Let $S_n=\sum_{i=1}^n X_i$ be a standard Gaussian random walk with i.i.d. increments $X_i \sim \mathcal{N}(0,1)$. Define the first exit time $\tau$ as $\tau=\inf_n\{|S_n|\geq a \}$. I'm trying to work out the moments of $\tau$ and also the distribution of $\tau$.
I find this question extremely difficult for me. I know that for simple random walks or Brownian motions, $E[\tau]=a^2$ by either solving the differential equation or using the reflection principle. However I simply do not know how to start with this question. Really appreciate any help you can provide.

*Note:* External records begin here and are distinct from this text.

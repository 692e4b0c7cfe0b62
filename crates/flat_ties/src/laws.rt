//! The laws of sources, as functions that do nothing: each one's contract is the law.

ghost use Rattle.flat_ties.specs.Sources.{HasOneSource};

/// A chain of plain port connections leads from a net to one top input at most.
pub fn sources_are_single()
    ensures { HasOneSource }
{}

Let's pretend for convenience that $\tau=\inf_n\{|S_n|> a \}$ (it won't change the answer). Let $X_0\in [-a,a]$ be the starting point of the random walk, and let $f(x)=\frac1{\sqrt{2\pi}}e^{-x^2/2}$ be the pdf of $\mathcal N(0,1)$.

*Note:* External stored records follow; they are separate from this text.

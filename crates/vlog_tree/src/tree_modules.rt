//! Trees of modules and their items (IEEE 1364-2005, clause 12 and A.1 to A.4).
//!
//! ```text
//! source = {module}
//! module = "module" NAME ["#" "(" pdec {"," pdec} ")"] ["(" [ports] ")"] ";" {mitem} "endmodule"
//! pdec   = ["parameter"] type NAME "=" expr
//! ports  = NAME {"," NAME} | dir [kind] type NAME {"," [dir [kind] type] NAME}
//! dir    = "input" | "output"
//! kind   = "wire" | "reg"
//! type   = ["signed"] [range]
//! range  = "[" expr ":" expr "]"
//! mitem  = dir [kind] type NAME {"," NAME} ";" | kind type NAME ["=" expr] {"," NAME ["=" expr]} ";"
//!        | ("parameter" | "localparam") type NAME "=" expr {"," NAME "=" expr} ";"
//!        | "genvar" NAME {"," NAME} ";" | "assign" lval "=" expr {"," lval "=" expr} ";"
//!        | "always" "@" event stmt | "initial" stmt | "generate" {mitem} "endgenerate"
//!        | NAME ["#" "(" conns ")"] NAME "(" [conns] ")" ";"
//!        | "for" "(" NAME "=" expr ";" expr ";" NAME "=" expr ")" gbody
//!        | "if" "(" expr ")" gbody ["else" gbody]
//! gbody  = mitem | "begin" [":" NAME] {mitem} "end"
//! conns  = expr {"," expr} | "." NAME "(" [expr] ")" {"," "." NAME "(" [expr] ")"}
//! ```

use crate::token::VToken;
use crate::tree_expressions::{VExpr, VLval, VNextExpr};
use crate::tree_statements::{VEvent, VIfHead, VLabel, VStmt};
use sqlite_items::{Boxed, Items};

/// `{module}`
#[derive(Drop)]
pub struct VlogFile {
    pub modules: Items<VModule>,
}

/// `"module" NAME ["#" "(" pdec {"," pdec} ")"] ["(" [ports] ")"] ";" {mitem} "endmodule"`
#[derive(Drop)]
pub struct VModule {
    pub word: VToken,
    pub name: VToken,
    pub parameters: Option<VPdecs>,
    pub ports: Option<VPortList>,
    pub semi: VToken,
    pub items: Items<VMitem>,
    pub end: VToken,
}

/// `"#" "(" pdec {"," pdec} ")"`
#[derive(Drop)]
pub struct VPdecs {
    pub hash: VToken,
    pub open: VToken,
    pub first: VPdec,
    pub more: Items<VNextPdec>,
    pub close: VToken,
}

/// `["parameter"] type NAME "=" expr`
#[derive(Drop)]
pub struct VPdec {
    pub word: Option<VToken>,
    pub shape: VType,
    pub constant: VConstant,
}

/// `"," pdec`
#[derive(Drop)]
pub struct VNextPdec {
    pub comma: VToken,
    pub pdec: VPdec,
}

/// `"(" [ports] ")"`
#[derive(Drop)]
pub struct VPortList {
    pub open: VToken,
    pub ports: Option<VPorts>,
    pub close: VToken,
}

/// `NAME {"," NAME} | dir [kind] type NAME {"," [dir [kind] type] NAME}`
#[derive(Drop)]
pub enum VPorts {
    Names(VToken, Items<VNextName>),
    Declared(VPortHead, VToken, Items<VNextPort>),
}

/// `dir [kind] type`
#[derive(Drop)]
pub struct VPortHead {
    pub dir: VDir,
    pub kind: Option<VKind>,
    pub shape: VType,
}

/// `"," [dir [kind] type] NAME`
#[derive(Drop)]
pub struct VNextPort {
    pub comma: VToken,
    pub head: Option<VPortHead>,
    pub name: VToken,
}

/// `"," NAME`
#[derive(Drop)]
pub struct VNextName {
    pub comma: VToken,
    pub name: VToken,
}

/// `"input" | "output"`
#[derive(Drop)]
pub enum VDir {
    Input(VToken),
    Output(VToken),
}

/// `"wire" | "reg"`
#[derive(Drop)]
pub enum VKind {
    Wire(VToken),
    Reg(VToken),
}

/// `["signed"] [range]`
#[derive(Drop)]
pub struct VType {
    pub signed: Option<VToken>,
    pub range: Option<Boxed<VRange>>,
}

/// `"[" expr ":" expr "]"`
#[derive(Drop)]
pub struct VRange {
    pub open: VToken,
    pub high: VExpr,
    pub colon: VToken,
    pub low: VExpr,
    pub close: VToken,
}

/// `NAME ["=" expr]`
#[derive(Drop)]
pub struct VNet {
    pub name: VToken,
    pub value: Option<VAssigned>,
}

/// `"=" expr`
#[derive(Drop)]
pub struct VAssigned {
    pub equals: VToken,
    pub value: Boxed<VExpr>,
}

/// `"," NAME ["=" expr]`
#[derive(Drop)]
pub struct VNextNet {
    pub comma: VToken,
    pub net: VNet,
}

/// `NAME "=" expr`
#[derive(Drop)]
pub struct VConstant {
    pub name: VToken,
    pub equals: VToken,
    pub value: Boxed<VExpr>,
}

/// `"," NAME "=" expr`
#[derive(Drop)]
pub struct VNextConstant {
    pub comma: VToken,
    pub constant: VConstant,
}

/// `lval "=" expr`
#[derive(Drop)]
pub struct VDriver {
    pub left: Boxed<VLval>,
    pub equals: VToken,
    pub value: Boxed<VExpr>,
}

/// `"," lval "=" expr`
#[derive(Drop)]
pub struct VNextDriver {
    pub comma: VToken,
    pub driver: VDriver,
}

/// `expr {"," expr} | "." NAME "(" [expr] ")" {"," "." NAME "(" [expr] ")"}`
#[derive(Drop)]
pub enum VConns {
    Ordered(VExpr, Items<VNextExpr>),
    Named(VConn, Items<VNextConn>),
}

/// `"." NAME "(" [expr] ")"`
#[derive(Drop)]
pub struct VConn {
    pub dot: VToken,
    pub name: VToken,
    pub open: VToken,
    pub value: Option<VExpr>,
    pub close: VToken,
}

/// `"," "." NAME "(" [expr] ")"`
#[derive(Drop)]
pub struct VNextConn {
    pub comma: VToken,
    pub conn: VConn,
}

/// `"#" "(" conns ")"`
#[derive(Drop)]
pub struct VOverrides {
    pub hash: VToken,
    pub open: VToken,
    pub conns: VConns,
    pub close: VToken,
}

/// `NAME ["#" "(" conns ")"] NAME "(" [conns] ")" ";"`
#[derive(Drop)]
pub struct VInstance {
    pub module_name: VToken,
    pub overrides: Option<Boxed<VOverrides>>,
    pub name: VToken,
    pub open: VToken,
    pub conns: Option<Boxed<VConns>>,
    pub close: VToken,
    pub semi: VToken,
}

/// `"for" "(" NAME "=" expr ";" expr ";" NAME "=" expr ")"`
#[derive(Drop)]
pub struct VForHead {
    pub word: VToken,
    pub open: VToken,
    pub start: Boxed<VConstant>,
    pub first_semi: VToken,
    pub test: Boxed<VExpr>,
    pub second_semi: VToken,
    pub step: Boxed<VConstant>,
    pub close: VToken,
}

/// An item of a module, as the row `mitem` above.
#[cycle(mitem)]
#[derive(Drop)]
pub enum VMitem {
    Ports(VPortHead, VToken, Items<VNextName>, VToken),
    Nets(VKind, VType, VNet, Items<VNextNet>, VToken),
    Constants(VToken, VType, VConstant, Items<VNextConstant>, VToken),
    Genvars(VToken, VToken, Items<VNextName>, VToken),
    Assigns(VToken, VDriver, Items<VNextDriver>, VToken),
    Always(VToken, VToken, VEvent, Boxed<VStmt>),
    Initial(VToken, Boxed<VStmt>),
    Generate(VToken, Items<VMitem>, VToken),
    Instance(VInstance),
    For(VForHead, Boxed<VGbody>),
    If(VIfHead, Boxed<VGbody>, Option<VGelse>),
}

/// `mitem | "begin" [":" NAME] {mitem} "end"`
#[cycle(mitem)]
#[derive(Drop)]
pub enum VGbody {
    Item(VMitem),
    Block(VToken, Option<VLabel>, Items<VMitem>, VToken),
}

/// `"else" gbody`
#[cycle(mitem)]
#[derive(Drop)]
pub struct VGelse {
    pub word: VToken,
    pub body: Boxed<VGbody>,
}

If you let $t(x)=E[\tau|X_0=x]$ for $x\in[-a,a]$, then $$t(x)=\int_{-a}^af(u-x)(1+t(u))du=\int_{-a-x}^{a-x}f(z)(1+t(z+x))dz$$ so $$t'(x)=(t(a)+1)(f(x+a)-f(x-a))$$ And since $t(-a)=t(a)$, $$t(x)=(t(a)+1)\int_{-a}^x(f(u+a)-f(u-a))du+t(a)$$ $$t(x)=\frac12(t(a)+1)(erf(\frac{a-x}{\sqrt2})+erf(\frac{a+x}{\sqrt2})-erf(\sqrt2 a))+t(a)$$ $$t(0)=\frac12(t(a)+1)(2erf(\frac{a}{\sqrt2})-erf(\sqrt2 a))+t(a)$$
Unfortunately I don't know how to figure out what $t(a)$ is. Maybe I'm missing some initial condition or clever symmetry.